Technical matters that were attempted to be developed> The present invention was developed in view of the shortcomings of the conventional methods, and it completely eliminates the so-called method of blowing cooling air when cooling gelatin sheets, and instead replaces the cooling roll itself. Cooling is achieved by directly supplying a cooling medium into the inside of the device, thereby reducing manufacturing costs and making it easier to manage sanitary manufacturing.

(Structure of the Invention) Means for Achieving the Object> That is, the gelatin sheet forming device in the gelatin capsule manufacturing device of the present invention applies heated gelatin in a curtain shape to the surface of a cooling drum using a spreader box, and then transfers the heated gelatin while transporting the gelatin. In the cooling device, the cooling drum is characterized in that a cooling medium is supplied therein, thereby achieving the above object.

(Example) The present invention will be specifically explained below based on illustrated examples. The present invention is constructed by being incorporated into a gelatin capsule manufacturing apparatus 1 described below, and these apparatuses will be described in detail below. This gelatin capsule manufacturing apparatus 1 is roughly divided into a sheet molding section 2 and a capsule molding section 3, and these members are assembled to a frame F. First, the sheet molding section 2 is assembled into a frame F. To explain this, two gelatin sheets are supplied to the capsule molding section 3 in a stacked state and are molded into a spindle shape in the capsule molding section 3, so that the sheet molding sections 2 before and after the gelatin sheets are A pair of gelatin sheets are provided on the left and right sides of the frame F. However, the structure is not necessarily limited to this.

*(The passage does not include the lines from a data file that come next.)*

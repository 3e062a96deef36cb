//! Laws of the journal that a disk's bytes hold. Each is the contract of a function that does nothing.

ghost use Rattle.std.specs.Prelude.{◌≡◌, ◌≤◌, ℕ, List, Ok};
ghost use Rattle.strat_base.specs.Change.{Change};
ghost use Rattle.def_crash.specs.Image.{Image, HoldsBytes};
ghost use Rattle.strat_journal.specs.Laid.{Laid};
ghost use Rattle.def_bytes.specs.Records.{records};
ghost use Rattle.strat_journal.specs.Records.{logged_from};

/// Records that stand one after the other up to a closed gate are read, each with the block of its gate, and
/// what is read stands so.
pub fn records_are_read_as_written()
    ensures read { (c : Image) (end n at : ℕ) (list : List Change) → Laid c end n at list
        → records c end n at ≡ Ok (logged_from at list) }
    ensures written { (c : Image) (end n at : ℕ) (list : List Change) → HoldsBytes c → at ≤ end
        → records c end n at ≡ Ok (logged_from at list) → Laid c end n at list }
{}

An appropriate method may be used, such as cutting the gelatin into two sheets in between and feeding them oppositely.First, a gelatin tank 5 is provided above the sheet forming section 2.

This is for storing molten gelatin,
Since this embodiment is a relatively compact device used for relatively small-volume production or experimental production, it can be used for practical purposes even when gelatin is supplied to the gelatin tank 5. Furthermore, in order to make it suitable for mass production, instead of this gelatin tank 5, a gelatin hopper or the like that can be supplied as appropriate may be suspended above the processing plant by a hoist crane or the like to supply gelatin.
A supply hose 6 is drawn out downward from the gelatin tank 5 and is provided with a valve 7 in the middle. A heater 8 is provided in the gelatin tank 5 to ensure that the gelatin is in a molten state. The gelatin supplied from the supply hose 6 of the gelatin tank 5 is supplied to the spreader box 10 located below the gelatin tank 5, and the spreader box 10 will be described in detail below.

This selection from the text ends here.